- **Work to be completed**
Return only those lines of the listing that hold the word "specs".
● ● ● ●
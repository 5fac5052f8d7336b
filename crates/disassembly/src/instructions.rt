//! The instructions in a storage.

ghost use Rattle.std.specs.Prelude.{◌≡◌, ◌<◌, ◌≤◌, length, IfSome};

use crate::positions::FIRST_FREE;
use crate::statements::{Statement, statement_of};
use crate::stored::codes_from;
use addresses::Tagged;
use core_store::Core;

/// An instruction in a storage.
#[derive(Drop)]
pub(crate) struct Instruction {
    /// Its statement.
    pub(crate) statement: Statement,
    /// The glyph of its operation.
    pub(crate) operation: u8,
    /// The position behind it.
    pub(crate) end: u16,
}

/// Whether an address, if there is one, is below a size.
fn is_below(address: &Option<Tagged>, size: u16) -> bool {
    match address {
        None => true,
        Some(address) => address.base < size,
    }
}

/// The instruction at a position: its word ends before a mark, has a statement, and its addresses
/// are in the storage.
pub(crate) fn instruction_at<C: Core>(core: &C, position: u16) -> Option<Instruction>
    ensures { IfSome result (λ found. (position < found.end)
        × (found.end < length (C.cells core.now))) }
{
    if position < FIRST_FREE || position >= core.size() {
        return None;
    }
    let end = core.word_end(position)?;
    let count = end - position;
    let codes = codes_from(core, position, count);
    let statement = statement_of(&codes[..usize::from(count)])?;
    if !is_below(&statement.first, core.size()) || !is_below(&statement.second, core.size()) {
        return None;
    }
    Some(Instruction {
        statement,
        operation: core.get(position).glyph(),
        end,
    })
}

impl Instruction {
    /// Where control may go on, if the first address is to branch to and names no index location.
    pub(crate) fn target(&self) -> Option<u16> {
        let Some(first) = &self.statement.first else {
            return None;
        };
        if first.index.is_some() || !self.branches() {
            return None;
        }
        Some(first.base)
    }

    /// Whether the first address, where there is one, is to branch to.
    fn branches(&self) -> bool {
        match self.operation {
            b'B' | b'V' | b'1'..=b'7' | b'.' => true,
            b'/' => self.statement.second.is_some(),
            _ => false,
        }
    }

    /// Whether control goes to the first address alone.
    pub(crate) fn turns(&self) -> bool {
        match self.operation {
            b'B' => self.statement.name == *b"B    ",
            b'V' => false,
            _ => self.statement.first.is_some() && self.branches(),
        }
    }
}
● ● ● ●
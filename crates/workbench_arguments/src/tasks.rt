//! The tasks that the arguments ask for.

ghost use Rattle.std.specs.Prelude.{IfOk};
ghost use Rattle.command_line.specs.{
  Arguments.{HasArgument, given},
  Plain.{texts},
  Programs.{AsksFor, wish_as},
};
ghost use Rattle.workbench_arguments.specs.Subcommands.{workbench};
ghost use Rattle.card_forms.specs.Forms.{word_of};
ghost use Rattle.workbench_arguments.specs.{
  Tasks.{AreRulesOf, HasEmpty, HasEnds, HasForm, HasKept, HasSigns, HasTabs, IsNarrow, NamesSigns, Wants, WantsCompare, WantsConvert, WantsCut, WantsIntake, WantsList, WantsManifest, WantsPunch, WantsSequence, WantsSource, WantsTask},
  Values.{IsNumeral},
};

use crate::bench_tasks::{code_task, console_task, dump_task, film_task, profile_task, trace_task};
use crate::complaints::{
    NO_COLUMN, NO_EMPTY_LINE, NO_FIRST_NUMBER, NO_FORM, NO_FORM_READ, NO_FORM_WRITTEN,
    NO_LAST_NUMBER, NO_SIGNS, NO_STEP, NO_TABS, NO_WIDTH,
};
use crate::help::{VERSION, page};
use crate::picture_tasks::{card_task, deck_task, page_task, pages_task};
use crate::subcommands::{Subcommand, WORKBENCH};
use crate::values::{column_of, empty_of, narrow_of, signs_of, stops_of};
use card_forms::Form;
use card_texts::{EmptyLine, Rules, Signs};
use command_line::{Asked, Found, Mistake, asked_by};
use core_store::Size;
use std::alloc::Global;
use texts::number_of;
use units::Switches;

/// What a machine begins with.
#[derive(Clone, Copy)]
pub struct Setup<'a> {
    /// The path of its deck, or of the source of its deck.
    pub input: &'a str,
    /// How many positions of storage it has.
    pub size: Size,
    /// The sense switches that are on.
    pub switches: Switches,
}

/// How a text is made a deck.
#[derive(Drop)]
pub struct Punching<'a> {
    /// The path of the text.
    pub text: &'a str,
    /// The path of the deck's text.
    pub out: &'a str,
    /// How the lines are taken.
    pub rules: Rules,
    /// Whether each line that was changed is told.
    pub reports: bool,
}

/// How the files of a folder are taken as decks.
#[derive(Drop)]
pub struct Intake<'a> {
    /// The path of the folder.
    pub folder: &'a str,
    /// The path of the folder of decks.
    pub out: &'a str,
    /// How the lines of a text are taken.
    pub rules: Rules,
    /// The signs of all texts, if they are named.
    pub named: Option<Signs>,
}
● ● ● ●
- **Response for this exercise**
ghost use Rattle.std.specs.Prelude.{◌≡◌, ◌<◌, ◌≤◌, length, IfSome};
ghost use Rattle.std.specs.Prelude.{IfOk};
ghost use Rattle.command_line.specs.{
ghost use Rattle.workbench_arguments.specs.Subcommands.{workbench};
ghost use Rattle.card_forms.specs.Forms.{word_of};
ghost use Rattle.workbench_arguments.specs.{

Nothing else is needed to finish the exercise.